Vivi Nastase
Here be dragons: Looking for linguistic information in sentence embeddings
Abstract: At the heart of modern language processing lies a fascinating construct: word and sentence embeddings. They are arrays of real numbers, that we can view as coordinates in a mathematical space where meaning is encoded through topological properties. This abstract geometry has powered some of the most impressive advances in AI, including the rise of generative models. But what is inside these embeddings? How do numbers capture the structure of sentences or the web of relations we express through them? What does the landscape of this sentence space look like? In this talk, I’ll share some of our explorations into these fascinating representations -- what patterns we uncovered, where we tracked them down, and what this tells us about how large language models encode language.

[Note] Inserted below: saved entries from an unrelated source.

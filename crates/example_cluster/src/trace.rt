//! What the servers do, recorded in the words of the laws of safety.
//!
//! `safety_laws` proves: if each recorded act was allowed by those before it, the cluster is safe.
//! `trace_checker` says whether they were. A log of the laws has no entry 0, which starts the
//! cluster.

use crate::record::{Act, Entry, Record, Term};
use std::alloc::{AllocError, Global};
use trace_checker::check::Refused;
use trace_checker::checker::{Checker, LearnError, Violation};
use trace_checker::event::Event as LawEvent;
use trace_checker::held::Held;
use trace_checker::memberships::Memberships;

/// What a server has said or done that its state does not show.
#[derive(Clone, Copy)]
pub enum Said {
    /// It has neither voted, nor answered its leader, nor restarted.
    Nothing,
    /// It has voted for a candidate.
    Voted(Term, u64),
    /// It has answered its leader that so many entries match.
    Matches(usize),
    /// It has restarted.
    Restarted,
}

/// A server after an event.
#[derive(Drop)]
pub struct View {
    /// The id of the server.
    pub server: u64,
    /// The term of its vote.
    pub term: Term,
    /// The node that its vote is for.
    pub leader: u64,
    /// Whether it is a candidate or leads.
    pub campaigns: bool,
    /// Whether it leads.
    pub leads: bool,
    /// How many of its first entries are purged.
    pub purged: usize,
    /// The entries of its log that are not purged.
    pub entries: Vec<Entry>,
    /// How many of its first entries it knows to be committed.
    pub committed: usize,
}

/// What was recorded of a server.
#[derive(Drop)]
struct Recorded {
    /// The term of its last campaign.
    campaigned: Term,
    /// The term and the candidate of its last vote.
    voted: (Term, u64),
    /// All entries of its log.
    log: Vec<Entry>,
    /// How many first entries it has applied.
    applied: usize,
}

/// What the servers have done so far, as the checker of the laws knows it.
#[derive(Drop)]
pub struct Trace {
    checker: Checker<Term, u64, u64, Memberships<u64, u64>>,
    /// The numbers of the memberships that the checker knows.
    named: Vec<u64>,
    /// The number of acts that were allowed.
    allowed: usize,
    /// The first act that was refused, if there is one.
    refused: Option<Refused>,
    servers: Vec<Recorded>,
    /// The entries that are committed.
    committed: Vec<Entry>,
    /// The acts as lines, also the one that was refused.
    pub record: Record,
}

impl Trace {
    /// Returns a trace in which nothing has happened. The first three servers are the first voters.
    pub fn new(alloc: Global, servers: u64, record: Record) -> Result<Self, Violation> {
        Ok(Trace {
            checker: Checker::new(alloc, first_voters(alloc)?)?,
            named: Vec::new(alloc),
            allowed: 0,
            refused: None,
            servers: nothing_recorded(alloc, servers)?,
            committed: Vec::new(alloc),
            record,
        })
    }

    /// Whether it is known what a membership's number means.
    pub fn is_named(&self, number: u64) -> bool {
        self.named.contains(&number)
    }

    /// Records what a membership's number means. An act with an entry of this number comes later.
    pub fn name(&mut self, number: u64, configs: Vec<Vec<u64>>) -> Result<(), AllocError> {
        self.record.name(number, &configs)?;
        if let Err(LearnError::OutOfMemory) = self.checker.learn(number, configs) {
            return Err(AllocError);
        }
        self.named.push(number)?;
        Ok(())
    }

    /// Records what a server has done in an event, and checks that each act was allowed by those
    /// before it. Then the cluster was safe so far.
    ///
    /// # Errors
    ///
    /// The rule that the first refused act breaks, or out of memory.
    pub fn record(&mut self, view: &View, said: Said) -> Result<(), Violation> {
        let acts = self.acts(view, said)?;
        let place = view.server.saturating_sub(1) as usize;
        let Some(server) = self.servers.get(place) else {
            return Ok(());
        };
        for act in &acts {
            self.record.push(act, &server.log)?;
            match self.checker.record(act) {
                Ok(()) => self.allowed = self.allowed.saturating_add(1),
                Err(violation) => {
                    self.refused = Some(Refused {
                        event: self.allowed,
                        violation,
                    });
                    return Err(violation);
                }
            }
        }
        Ok(())
    }

    /// Returns the acts of a server in an event, and takes note of what it has now.
    fn acts(&mut self, view: &View, said: Said) -> Result<Vec<Act>, AllocError> {
        let mut acts = Vec::new(*self.committed.allocator());
        let place = view.server.saturating_sub(1) as usize;
        let Some(server) = self.servers.get_mut(place) else {
            return Ok(acts);
        };
        server.record_election(view, said, &mut acts)?;
        let log = full_log(view, &self.committed)?;
        server.record_log(view, log, said, &mut acts)?;
        server.record_commit(view, said, &mut acts)?;
        if let Some(new) = server.log.get(self.committed.len()..server.applied) {
            self.committed.extend_from_slice(new)?;
        }
        Ok(acts)
    }

    /// Whether each act so far was allowed by those before it.
    ///
    /// # Errors
    ///
    /// The first act that was not allowed, and the rule that it breaks, or out of memory.
    pub fn verdict(&self) -> Result<(), Refused> {
        match self.refused {
            Some(refused) => Err(refused),
            None => Ok(()),
        }
    }
}

/// Returns what is recorded of servers that have done nothing.
fn nothing_recorded(alloc: Global, servers: u64) -> Result<Vec<Recorded>, AllocError> {
    let mut recorded = Vec::new(alloc);
    for _ in 0..servers {
        recorded.push(Recorded {
            campaigned: Term::default(),
            voted: (Term::default(), 0),
            log: Vec::new(alloc),
            applied: 0,
        })?;
    }
    Ok(recorded)
}

/// Returns the membership of the first three servers. No entry holds a membership yet.
fn first_voters(alloc: Global) -> Result<Memberships<u64, u64>, AllocError> {
    Ok(Memberships {
        initial: vec![in alloc; (1..=3).collect(alloc)?]?,
        held: Held::new(alloc),
    })
}

impl Recorded {
    /// Records a restart, a campaign or a vote.
    fn record_election(
        &mut self,
        view: &View,
        said: Said,
        acts: &mut Vec<Act>,
    ) -> Result<(), AllocError> {
        let (server, term) = (view.server, view.term);
        if matches!(said, Said::Restarted) {
            // A leader that leads on has written an entry since.
            let len = view.purged.saturating_add(view.entries.len());
            let len = len.min(self.log.len());
            acts.push(LawEvent::Restarted { server, len })?;
        }
        if view.campaigns && self.campaigned != term {
            self.campaigned = term;
            acts.push(LawEvent::Campaigned { server, term })?;
        }
        if let Said::Voted(term, candidate) = said
            && self.voted != (term, candidate)
        {
            self.voted = (term, candidate);
            acts.push(LawEvent::Granted {
                server,
                term,
                candidate,
            })?;
        }
        Ok(())
    }

    /// Records what has changed in the log, and what is acknowledged of it. A leader writes its own
    /// entries, and is the first to acknowledge them.
    fn record_log(
        &mut self,
        view: &View,
        log: Vec<Entry>,
        said: Said,
        acts: &mut Vec<Act>,
    ) -> Result<(), AllocError> {
        let (server, term, leader) = (view.server, view.term, view.leader);
        let keep = common_len(&self.log, &log);
        let has_changed = keep < self.log.len().max(log.len());
        let (_, new) = log.split_at(keep.min(log.len()));
        let mut acknowledged = None;
        if view.leads && has_changed {
            for entry in new {
                acts.push(LawEvent::Wrote {
                    leader,
                    term,
                    entry: *entry,
                })?;
            }
            acknowledged = Some(log.len());
        }
        if let Said::Matches(len) = said {
            acknowledged = Some(len);
        }
        if has_changed || acknowledged.is_some() {
            let entries = new.to_vec(*log.allocator())?;
            acts.push(LawEvent::Appended {
                server,
                term,
                leader,
                keep,
                entries,
            })?;
        }
        if let Some(len) = acknowledged {
            acts.push(LawEvent::Acked {
                server,
                term,
                leader,
                len,
            })?;
        }
        self.log = log;
        Ok(())
    }

    /// Records what a leader has committed, and what a server has applied.
    fn record_commit(
        &mut self,
        view: &View,
        said: Said,
        acts: &mut Vec<Act>,
    ) -> Result<(), AllocError> {
        let (server, term, leader) = (view.server, view.term, view.leader);
        let len = match said {
            Said::Matches(len) => view.committed.min(len),
            _ if view.leads => view.committed,
            _ => return Ok(()),
        };
        if len <= self.applied {
            return Ok(());
        }
        self.applied = len;
        if view.leads {
            acts.push(LawEvent::Committed {
                leader,
                term,
                len,
                counted_at: self.log.len(),
            })?;
        }
        acts.push(LawEvent::Applied {
            server,
            term,
            leader,
            len,
        })?;
        Ok(())
    }
}

/// Returns the whole log of a server. What is purged of it is committed.
fn full_log(view: &View, committed: &[Entry]) -> Result<Vec<Entry>, AllocError> {
    let (purged, _) = committed.split_at(view.purged.min(committed.len()));
    let mut log = purged.to_vec(*view.entries.allocator())?;
    log.extend_from_slice(&view.entries)?;
    Ok(log)
}

/// Returns how many first entries two logs have in common.
fn common_len(one: &[Entry], other: &[Entry]) -> usize {
    let mut len = 0usize;
    for (a, b) in one.iter().zip(other) {
        if a.term != b.term || a.content != b.content {
            break;
        }
        len = len.saturating_add(1);
    }
    len
}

Vivi Nastase is a researcher in natural language processing and machine learning at the Idiap Institute (Martigny)/University of Geneva. Vivi graduated from the Computer Science department of the Technical University of Cluj-Napoca many years ago, obtained a PhD in natural language processing from the University of Ottawa, and has been working on numerous projects around the world ever since. Since 2021, she has been part of the NCCR Evolving Language project funded by the Swiss government, which studies the evolution of languages in human and non-human animals. She works now mainly on understanding how the linguistic properties of words and sentences are mapped onto small-ish arrays of real numbers.